* [YOUR TASK]:
Report, word for word, every line of the material that contains "says".

* [RECORD SET]:
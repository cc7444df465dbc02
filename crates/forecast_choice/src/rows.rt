ghost use Rattle.std.specs.Prelude.{◌≡◌, ◌<◌, ◌≤◌, length, All, IfOk, IfErr};
ghost use Rattle.degradation.specs.Choice.{HasBounds, Suits};
ghost use Rattle.forecast_choice.specs.Rows.{fault_at, supply_in, AreChoices, IsRowFault};

use cat_program::Program;
use cost_bounds::Bounds;
use degradation::{Chosen, Supply, choose_with};
use feasibility::{ChooseFault, Verdict};
use forecast_table::{Epoch, Forecast};
use nv_memory::Device;
use std::alloc::Global;

/// Why some row has no choice of versions. Rows are counted from 1.
#[derive(Debug, PartialEq, Eq, Drop)]
pub enum RowFault {
    /// Demand and the row's supply repeat only after more than 1,000,000 ticks; with this spacing the window exceeds them.
    WindowTooLong { row: u32, spacing: u32 },
    /// With the row's supply no versions are feasible; the verdict is that on the last ones.
    Rejected { row: u32, verdict: Verdict },
    NoMemory,
}

/// What a row says of the harvest.
pub fn supply_of(row: &Epoch) -> Supply
    ensures { result ≡ supply_in row.now }
{
    Supply { p: row.p, q: row.q }
}

fn at_row(row: u32, fault: ChooseFault) -> RowFault
    ensures { result ≡ fault_at row fault }
{
    match fault {
        ChooseFault::WindowTooLong(spacing) => RowFault::WindowTooLong { row, spacing },
        ChooseFault::Rejected(verdict) => RowFault::Rejected { row, verdict },
        ChooseFault::NoMemory => RowFault::NoMemory,
    }
}

/// For each row of a forecast the feasible versions of least degradation with the row's `p` and `q` in place of the device's.
/// `bounds` are those of the program's code on this device, where a slot has this many lines.
///
/// # Errors
///
/// `WindowTooLong` or `Rejected` comes exactly where some row has no such versions, with the first such row and with what
/// `choose_with` says of it.
pub fn choose_rows(
    alloc: Global,
    program: &Program,
    bounds: &Bounds,
    device: &Device,
    lines: u32,
    forecast: &Forecast,
) -> Result<Vec<Chosen>, RowFault>
    requires { HasBounds program.now bounds.now }
    ensures chosen { IfOk result (λ found. AreChoices program.now bounds.now device.now lines forecast.now found.items) }
    ensures suits { IfOk result (λ found. All (Suits program.now) found.items) }
    ensures refused { IfErr result (IsRowFault program.now bounds.now device.now lines forecast.now) }
{
    let rows = forecast.rows();
    let mut found = Vec::new(alloc);
    let mut number: u32 = 1;
    for row in rows {
        let supply = supply_of(row);
        match choose_with(alloc, program, bounds, device, supply, lines) {
            Ok(chosen) => {
                if found.push(chosen).is_err() {
                    return Err(RowFault::NoMemory);
                }
            }
            Err(fault) => return Err(at_row(number, fault)),
        }
        number += 1;
    }
    Ok(found)
}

* [RESULT OF THE EXERCISE]:
/// What a row says of the harvest.
/// `choose_with` says of it.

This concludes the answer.